Der Tierarzt befand sich bei der Rittigkeitsuntersuchung außerhalb des Reitplatzes und animierte das Pferd durch Klatschen und Zurufen zum Galoppieren – wodurch das Pferd erschrak und die Reiterin zu Sturz kam.
Der Tierarzt befand sich bei der Rittigkeitsuntersuchung außerhalb des Reitplatzes und animierte das Pferd durch Klatschen und Zurufen zum Galoppieren – wodurch das Pferd erschrak und die Reiterin zu Sturz kam. / Symbolfoto: Archiv/Pixabay

Weil ihr Pferd Rittigkeitsprobleme hatte, stellte eine Pferdebesitzerin ihr Pferd einem Tierarzt zur näheren Untersuchung vor. Beim nachfolgenden Rittigkeitstest animierte der außerhalb des Reitplatzes stehende Tierarzt mit Klatschen und Zurufen das Pferd zu anhaltendem Galoppieren – wodurch das Pferd erschrak und die Reiterin in der Folge zu Sturz kam. Die Pferdebesitzerin klagte den Veterinär auf Schadenersatz. Dr. K. hatte als Sachverständiger zu klären: War das Verhalten des Tierarztes aus fachlicher Sicht korrekt – oder war ihm eine Mitschuld an dem Unfall zu geben?

 

Die Klägerin konsultierte den Beklagten in seiner Eigenschaft als Fachtierarzt für Akupunktur und Neuraltherapie, da ihr Pferd Rittigkeitsprobleme aufwies.
Anlässlich des Untersuchungstermines stellte die Klägerin dem Beklagten ihr Pferd unter dem Sattel am Reitplatz vor, wobei es ihr  nicht gelang, das Pferd anhaltend im Galopp zu halten.
Um die Bemühungen der Klägerin zu unterstützen, klatschte der, zu Untersuchungszwecken außerhalb des Reitplatzes stehende Beklagte in die Hände, schnalzte mit der Zunge und rief „Galopp“.
Da die Klägerin gerade zu diesem Zeitpunkt beim Beklagten vorbeiritt, diesen also hinter sich und ihrem Pferd hatte, kamen  für sie und ihr Pferd diese Lautäußerungen plötzlich und unvermutet; das Pferd galoppierte sofort an und bewegte sich in schnellem Tempo zuerst an der langen Seite des Reitplatzes, um sich anschließend leicht schräg über diesen in die gegenüberliegende Ecke zu bewegen, wo es eine Drehbewegung ausführte, die die Klägerin nicht mehr aussitzen konnte, daher vom Pferde fiel und sich dabei nicht unerheblich verletzte.
Die Klägerin ist der Ansicht, dass sich der Beklagte, als er in die Hände klatschte und „Galopp“ rief, nicht „kunstgerecht“ (lege artis) verhielt und das „Durchgehen“ ihres Pferdes damit provoziert hat.

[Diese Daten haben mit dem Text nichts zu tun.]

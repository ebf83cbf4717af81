//! ETSI GS QKD 014 over HTTP: which event of a key manager a request asks for, and the response to the manager's reply.
#![tactic(auto)]

mod answer;
mod api;
mod body;
mod call;
mod container;
mod dec_keys;
mod enc_keys;
mod fault;
mod message;
mod query;
mod ready;
mod resource;
mod status;

pub use api::Api;
pub use fault::CallRefusal;
pub use message::front_response;
pub use ready::Ready;
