// Why a request asks for no event.
use http_front::HttpResponse;
use qkd_base::Memory;
use std::alloc::AllocError;

/// Why a request doesn't reach a manager.
#[derive(Debug, Drop)]
pub enum CallRefusal {
    /// The request is answered at once.
    Answer(HttpResponse),
    /// Out of memory.
    Memory,
}

/// What is wrong with a request. The cases are tried in this order, except that the faults of a body come before those of
/// parameters.
#[derive(Clone, Copy, Debug, PartialEq, Eq)]
pub enum CallFault {
    UnknownResource,
    MissingCaller,
    NotAllowed,
    BadBody,
    BadNumber,
    BadSize,
    SlavesRefused,
    MandatoryRefused,
    BadKeyId,
    BadKeyIds,
    Memory,
}

impl CallFault {
    ghost use Rattle.std.specs.Prelude.{◌≡◌};
    ghost use Rattle.qkd014_api.specs.Calls.{fault_status, fault_message};

    /// The HTTP status of the answer to this fault.
    pub(crate) fn status(self) -> u16
        ensures { result ≡ fault_status self }
    {
        match self {
            CallFault::MissingCaller | CallFault::NotAllowed => 401,
            _ => 400,
        }
    }

    /// The message of the answer to this fault. Out of memory has none.
    pub(crate) fn text(self) -> &'static str
        ensures { result.now ≡ fault_message self }
    {
        match self {
            CallFault::UnknownResource => "unknown resource",
            CallFault::MissingCaller => "X-SAE-ID missing",
            CallFault::NotAllowed => "not allowed",
            CallFault::BadBody => "bad body",
            CallFault::BadNumber => "bad number",
            CallFault::BadSize => "bad size",
            CallFault::SlavesRefused => "additional_slave_SAE_IDs refused",
            CallFault::MandatoryRefused => "extension_mandatory refused",
            CallFault::BadKeyId => "bad key_ID",
            CallFault::BadKeyIds => "bad key_IDs",
            CallFault::Memory => "",
        }
    }
}

impl From<Memory> for CallFault {
    ghost use Rattle.qkd014_api.specs.declared.fault.CallFault.TheVariants as faults;
    ghost use Rattle.std.specs.Prelude.{◌≡◌};

    ghost from_gives = { λ _ e. e ≡ faults.Memory };

    fn from(_: Memory) -> Self {
        CallFault::Memory
    }
}

impl From<AllocError> for CallFault {
    ghost use Rattle.qkd014_api.specs.declared.fault.CallFault.TheVariants as faults;
    ghost use Rattle.std.specs.Prelude.{◌≡◌};

    ghost from_gives = { λ _ e. e ≡ faults.Memory };

    fn from(_: AllocError) -> Self {
        CallFault::Memory
    }
}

Das erkennende Gericht trug dem Sachverständigen auf, das Verhalten des Beklagten aus fachlicher Sicht einzuschätzen.

Befunde

Strafakt zur Sache

– Opfer P.: Währenddessen, als P. mit ihrem Pferd ritt, klatschte der Tierarzt in die Hände, um das Pferd dabei weiter beobachten zu können. Das Pferd ging in weiterer Folge durch, und im Zuge dessen stürzte P. vom Pferd und verletzte sich im Bereich des Rückens.

Der Tierarzt sagte einige Gangarten zu mir, welche ich mit dem Pferd durchführen soll. Dies tat ich. Im Zuge dessen ritt ich mit dem Pferd bei ihm vorbei. Als ich vorbei war, klatschte er in die Hände bzw. schrie lautstark „Galopp“. Auf Grund dessen erschrak das Pferd und begann panikartig mit dem Galopp. Das Pferd galoppierte etwa 30 m zur dortigen Abzäunung des Reitvierecks und stoppte abrupt. Dabei drehte sich das Pferd um 180 Grad, ich verlor den Halt im Steigbügel und stürzte mit dem Rücken – aus einer Höhe von 2 Metern – zu Boden
Weiters blieb mir durch den Sturz vorerst die Luft weg.

Dort wurde ein Bruch des zweiten Lendenwirbels sowie eine Absplitterung des Wirbels festgestellt.

–  Kompressionswirbel L2 mit geringer Impression der Deckplatte und diskreter rechtsseitiger Höhenreduzierung um etwa 5 – 10 %, hier findet sich an der rechten Oberkante auch ein partieller Kantenabriss, einem posttraumatischen Kompressionswirbel bei St. p. Sturz vom Pferd entsprechend.

– Tierarzt: Nachdem ich zuerst mit Zungenschnalzen versuchte, das Pferd zu einem längerdauernden Galopp zu motivieren, klatschte ich schließlich ein paar Mal rhythmisch in die Hände, um die geforderte Bewegung zu sehen. Dies stellt eine normale, immer wieder geübte Treibhilfe dar. Das Pferd fiel daraufhin direkt in den Galopp, die Reiterin konnte sich (weil wahrscheinlich überrascht), obwohl das Pferd nicht buckelte, nicht am Pferd halten und fiel daraufhin am Ende des Vierecks, als das Pferd abrupt stoppen musste, vom Pferd.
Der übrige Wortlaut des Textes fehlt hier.